◆ **What to do**: Every record here needs to be retyped exactly.

◆ **Provided material**:

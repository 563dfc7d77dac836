//! Replies over a full and a compact log. The expected digests are those of vectors/compact.py.
use ledger_codec::{Digest, encode};
use ledger_compact::CompactLog;
use ledger_log::{CompactTarget, KeylessFamily, KeylessOp, Log};
use ledger_merkle::{Hasher, Location, Sha256Hasher};
use std::alloc::Global;
use sync_compact::CompactMode;
use sync_net::{
    ErrorCode, GetCompactStateRequest, GetCompactTargetRequest, GetSyncTargetRequest, Message,
};
use sync_server::ServeMode;

const ROOT: Digest = [
    0x43, 0x7c, 0x55, 0xc0, 0x1e, 0xbc, 0xb7, 0x43, 0xbb, 0x9a, 0xc7, 0x87, 0x02, 0xd2, 0x42, 0xef,
    0x1a, 0x82, 0x7b, 0xfb, 0x00, 0x40, 0xfc, 0x68, 0x8f, 0xe0, 0x65, 0x80, 0x54, 0x6e, 0x6f, 0x91,
];

const TARGET: Digest = [
    0x90, 0xa3, 0xfe, 0x70, 0x49, 0x8f, 0x12, 0x46, 0x76, 0xf5, 0x67, 0xce, 0x8b, 0x88, 0x59, 0x85,
    0x0e, 0x8e, 0x14, 0xc8, 0x96, 0xb6, 0x4c, 0x81, 0x72, 0x10, 0x87, 0x6d, 0xb2, 0x56, 0x20, 0xae,
];

const STATE: Digest = [
    0xb4, 0x03, 0x2a, 0x9d, 0xa3, 0x92, 0xfd, 0xe0, 0x3e, 0xf9, 0xfd, 0xec, 0xa1, 0xf0, 0x92, 0x4e,
    0xe2, 0xb2, 0x74, 0x9b, 0xb1, 0x27, 0x00, 0x74, 0xcc, 0x09, 0x4c, 0xf2, 0xbb, 0xf0, 0x68, 0x02,
];

fn at(value: u64) -> Location {
    match Location::new(value) {
        Some(location) => location,
        None => Location::ZERO,
    }
}

/// The log of a commit, a value and a commit.
fn full(alloc: Global) -> Option<Log<KeylessFamily, Sha256Hasher>> {
    let mut log = Log::fresh(alloc).ok()?;
    let batch = [KeylessOp::Append([1; 32]), KeylessOp::Commit(None, at(1))];
    log.append_batch(&batch).ok()?;
    Some(log)
}

/// The compact log that stands for it.
fn compact(alloc: Global) -> Option<CompactLog<KeylessFamily, Sha256Hasher>> {
    let mut log = CompactLog::fresh(alloc).ok()?;
    let batch = [KeylessOp::Append([1; 32]), KeylessOp::Commit(None, at(1))];
    log.append_batch(&batch).ok()?;
    Some(log)
}

fn ask_target() -> Message<KeylessOp> {
    Message::GetCompactTargetRequest(GetCompactTargetRequest { request_id: 1 })
}

fn ask_state(root: Digest, size: u64) -> Message<KeylessOp> {
    let target = CompactTarget {
        root,
        leaf_count: at(size),
    };
    Message::GetCompactStateRequest(GetCompactStateRequest {
        request_id: 2,
        target,
    })
}

/// The SHA-256 of these bytes.
fn digest_of(bytes: &[u8]) -> Digest {
    let mut hasher = Sha256Hasher::new();
    hasher.update(bytes);
    hasher.finish()
}

/// The digest of the full log's reply to a message.
fn from_full(alloc: Global, message: Message<KeylessOp>) -> Option<Digest> {
    let log = full(alloc)?;
    let Ok(reply) = CompactMode::reply(alloc, &log, message) else {
        return None;
    };
    let bytes = encode(alloc, &reply).ok()?;
    Some(digest_of(&bytes))
}

/// The digest of the compact log's reply to a message.
fn from_compact(alloc: Global, message: Message<KeylessOp>) -> Option<Digest> {
    let log = compact(alloc)?;
    let Ok(reply) = CompactMode::reply(alloc, &log, message) else {
        return None;
    };
    let bytes = encode(alloc, &reply).ok()?;
    Some(digest_of(&bytes))
}

/// Whether the compact log's reply is a refusal with the message's number, this code and this text.
fn refuses(alloc: Global, message: Message<KeylessOp>, code: ErrorCode, text: &str) -> bool {
    let number = message.request_id();
    let Some(log) = compact(alloc) else {
        return false;
    };
    let Ok(Message::Error(refusal)) = CompactMode::reply(alloc, &log, message) else {
        return false;
    };
    refusal.request_id == number && refusal.error_code == code && refusal.message.as_str() == text
}

#[test]
fn answers_with_the_target(rt: HostRuntime) {
    assert_eq!(rt; from_full(rt.alloc(), ask_target()), Some(TARGET));
    assert_eq!(rt; from_compact(rt.alloc(), ask_target()), Some(TARGET));
}

#[test]
fn answers_with_the_state(rt: HostRuntime) {
    assert_eq!(rt; from_full(rt.alloc(), ask_state(ROOT, 3)), Some(STATE));
    assert_eq!(rt; from_compact(rt.alloc(), ask_state(ROOT, 3)), Some(STATE));
}

#[test]
fn refuses_other_requests(rt: HostRuntime) {
    let invalid = ErrorCode::InvalidRequest;
    let none = "invalid request: leaf_count is 0";
    let stale = "stale compact target: target is no longer current";
    let other = Message::GetSyncTargetRequest(GetSyncTargetRequest { request_id: 3 });
    assert!(rt; refuses(rt.alloc(), ask_state(ROOT, 0), invalid, none));
    assert!(rt;
        refuses(
            rt.alloc(),
            ask_state(ROOT, 2),
            ErrorCode::StaleTarget,
            stale
        )
    );
    assert!(rt;
        refuses(
            rt.alloc(),
            ask_state(TARGET, 3),
            ErrorCode::StaleTarget,
            stale
        )
    );
    assert!(rt; refuses(rt.alloc(), other, invalid, "unexpected message type"));
}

◆ **Your solution**:
repository 563dfc7d77dac836
//! Replies over a full and a compact log. The expected digests are those of vectors/compact.py.
use ledger_codec::{Digest, encode};
use ledger_compact::CompactLog;
use ledger_log::{CompactTarget, KeylessFamily, KeylessOp, Log};
use ledger_merkle::{Hasher, Location, Sha256Hasher};
use std::alloc::Global;
use sync_compact::CompactMode;
use sync_net::{
    ErrorCode, GetCompactStateRequest, GetCompactTargetRequest, GetSyncTargetRequest, Message,
};
use sync_server::ServeMode;

const ROOT: Digest = [
    0x43, 0x7c, 0x55, 0xc0, 0x1e, 0xbc, 0xb7, 0x43, 0xbb, 0x9a, 0xc7, 0x87, 0x02, 0xd2, 0x42, 0xef,
    0x1a, 0x82, 0x7b, 0xfb, 0x00, 0x40, 0xfc, 0x68, 0x8f, 0xe0, 0x65, 0x80, 0x54, 0x6e, 0x6f, 0x91,
];

const TARGET: Digest = [
    0x90, 0xa3, 0xfe, 0x70, 0x49, 0x8f, 0x12, 0x46, 0x76, 0xf5, 0x67, 0xce, 0x8b, 0x88, 0x59, 0x85,
    0x0e, 0x8e, 0x14, 0xc8, 0x96, 0xb6, 0x4c, 0x81, 0x72, 0x10, 0x87, 0x6d, 0xb2, 0x56, 0x20, 0xae,
];

const STATE: Digest = [
    0xb4, 0x03, 0x2a, 0x9d, 0xa3, 0x92, 0xfd, 0xe0, 0x3e, 0xf9, 0xfd, 0xec, 0xa1, 0xf0, 0x92, 0x4e,
    0xe2, 0xb2, 0x74, 0x9b, 0xb1, 0x27, 0x00, 0x74, 0xcc, 0x09, 0x4c, 0xf2, 0xbb, 0xf0, 0x68, 0x02,
];

fn at(value: u64) -> Location {
    match Location::new(value) {
        Some(location) => location,
        None => Location::ZERO,
    }
}

/// The log of a commit, a value and a commit.
fn full(alloc: Global) -> Option<Log<KeylessFamily, Sha256Hasher>> {
    let mut log = Log::fresh(alloc).ok()?;
    let batch = [KeylessOp::Append([1; 32]), KeylessOp::Commit(None, at(1))];
    log.append_batch(&batch).ok()?;
    Some(log)
}

/// The compact log that stands for it.
fn compact(alloc: Global) -> Option<CompactLog<KeylessFamily, Sha256Hasher>> {
    let mut log = CompactLog::fresh(alloc).ok()?;
    let batch = [KeylessOp::Append([1; 32]), KeylessOp::Commit(None, at(1))];
    log.append_batch(&batch).ok()?;
    Some(log)
}

fn ask_target() -> Message<KeylessOp> {
    Message::GetCompactTargetRequest(GetCompactTargetRequest { request_id: 1 })
}

fn ask_state(root: Digest, size: u64) -> Message<KeylessOp> {
    let target = CompactTarget {
        root,
        leaf_count: at(size),
    };
    Message::GetCompactStateRequest(GetCompactStateRequest {
        request_id: 2,
        target,
    })
}

/// The SHA-256 of these bytes.
fn digest_of(bytes: &[u8]) -> Digest {
    let mut hasher = Sha256Hasher::new();
    hasher.update(bytes);
    hasher.finish()
}

/// The digest of the full log's reply to a message.
fn from_full(alloc: Global, message: Message<KeylessOp>) -> Option<Digest> {
    let log = full(alloc)?;
    let Ok(reply) = CompactMode::reply(alloc, &log, message) else {
        return None;
    };
    let bytes = encode(alloc, &reply).ok()?;
    Some(digest_of(&bytes))
}

/// The digest of the compact log's reply to a message.
fn from_compact(alloc: Global, message: Message<KeylessOp>) -> Option<Digest> {
    let log = compact(alloc)?;
    let Ok(reply) = CompactMode::reply(alloc, &log, message) else {
        return None;
    };
    let bytes = encode(alloc, &reply).ok()?;
    Some(digest_of(&bytes))
}

/// Whether the compact log's reply is a refusal with the message's number, this code and this text.
fn refuses(alloc: Global, message: Message<KeylessOp>, code: ErrorCode, text: &str) -> bool {
    let number = message.request_id();
    let Some(log) = compact(alloc) else {
        return false;
    };
    let Ok(Message::Error(refusal)) = CompactMode::reply(alloc, &log, message) else {
        return false;
    };
    refusal.request_id == number && refusal.error_code == code && refusal.message.as_str() == text
}

#[test]
fn answers_with_the_target(rt: HostRuntime) {
    assert_eq!(rt; from_full(rt.alloc(), ask_target()), Some(TARGET));
    assert_eq!(rt; from_compact(rt.alloc(), ask_target()), Some(TARGET));
}

#[test]
fn answers_with_the_state(rt: HostRuntime) {
    assert_eq!(rt; from_full(rt.alloc(), ask_state(ROOT, 3)), Some(STATE));
    assert_eq!(rt; from_compact(rt.alloc(), ask_state(ROOT, 3)), Some(STATE));
}

#[test]
fn refuses_other_requests(rt: HostRuntime) {
    let invalid = ErrorCode::InvalidRequest;
    let none = "invalid request: leaf_count is 0";
    let stale = "stale compact target: target is no longer current";
    let other = Message::GetSyncTargetRequest(GetSyncTargetRequest { request_id: 3 });
    assert!(rt; refuses(rt.alloc(), ask_state(ROOT, 0), invalid, none));
    assert!(rt;
        refuses(
            rt.alloc(),
            ask_state(ROOT, 2),
            ErrorCode::StaleTarget,
            stale
        )
    );
    assert!(rt;
        refuses(
            rt.alloc(),
            ask_state(TARGET, 3),
            ErrorCode::StaleTarget,
            stale
        )
    );
    assert!(rt; refuses(rt.alloc(), other, invalid, "unexpected message type"));
}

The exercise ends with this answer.